=== Input ===
Start of Block

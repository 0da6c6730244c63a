//! The lines of scontrol(1): "show".

ghost use Rattle.std.specs.Prelude.{◌≡◌, ◌++◌, flat_map, OnOk};
ghost use Rattle.table_texts.specs.Show.{record_line, show_text};

use crate::show_job::push_job_line;
use crate::show_node::push_node_line;
use crate::show_partition::push_partition_line;
use crate::show_reservation::push_reservation_line;
use reply_data::view::{Row, View};
use small_texts::memory_error::Memory;
use std::alloc::Global;

/// Writes a line for each record.
pub fn push_show(alloc: Global, out: &mut Vec<u8>, view: &View) -> Result<(), Memory>
    ensures { OnOk result (out.new.items ≡ out.old.items ++ show_text view.now) }
{
    push_records(alloc, out, view.rows.as_slice())
}

fn push_records(alloc: Global, out: &mut Vec<u8>, rows: &[Row]) -> Result<(), Memory>
    ensures { OnOk result (out.new.items ≡ out.old.items ++ flat_map record_line rows.now) }
{
    for row in rows {
        push_record(alloc, out, row)?;
    }
    Ok(())
}

fn push_record(alloc: Global, out: &mut Vec<u8>, row: &Row) -> Result<(), Memory>
    ensures { OnOk result (out.new.items ≡ out.old.items ++ record_line row.now) }
{
    match row {
        Row::Job(job) => push_job_line(alloc, out, job),
        Row::Node(node) => push_node_line(out, node),
        Row::Partition(partition) => push_partition_line(alloc, out, partition),
        Row::Reservation(reservation) => push_reservation_line(alloc, out, reservation),
        Row::States(_) | Row::Priority(_) => Ok(()),
    }
}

End of Block

=== Description of the task ===
Set down every entry again, exactly as written.

=== Written solution ===
repository 0da6c6730244c63a
//! The lines of scontrol(1): "show".

ghost use Rattle.std.specs.Prelude.{◌≡◌, ◌++◌, flat_map, OnOk};
ghost use Rattle.table_texts.specs.Show.{record_line, show_text};

use crate::show_job::push_job_line;
use crate::show_node::push_node_line;
use crate::show_partition::push_partition_line;
use crate::show_reservation::push_reservation_line;
use reply_data::view::{Row, View};
use small_texts::memory_error::Memory;
use std::alloc::Global;

/// Writes a line for each record.
pub fn push_show(alloc: Global, out: &mut Vec<u8>, view: &View) -> Result<(), Memory>
    ensures { OnOk result (out.new.items ≡ out.old.items ++ show_text view.now) }
{
    push_records(alloc, out, view.rows.as_slice())
}

fn push_records(alloc: Global, out: &mut Vec<u8>, rows: &[Row]) -> Result<(), Memory>
    ensures { OnOk result (out.new.items ≡ out.old.items ++ flat_map record_line rows.now) }
{
    for row in rows {
        push_record(alloc, out, row)?;
    }
    Ok(())
}

fn push_record(alloc: Global, out: &mut Vec<u8>, row: &Row) -> Result<(), Memory>
    ensures { OnOk result (out.new.items ≡ out.old.items ++ record_line row.now) }
{
    match row {
        Row::Job(job) => push_job_line(alloc, out, job),
        Row::Node(node) => push_node_line(out, node),
        Row::Partition(partition) => push_partition_line(alloc, out, partition),
        Row::Reservation(reservation) => push_reservation_line(alloc, out, reservation),
        Row::States(_) | Row::Priority(_) => Ok(()),
    }
}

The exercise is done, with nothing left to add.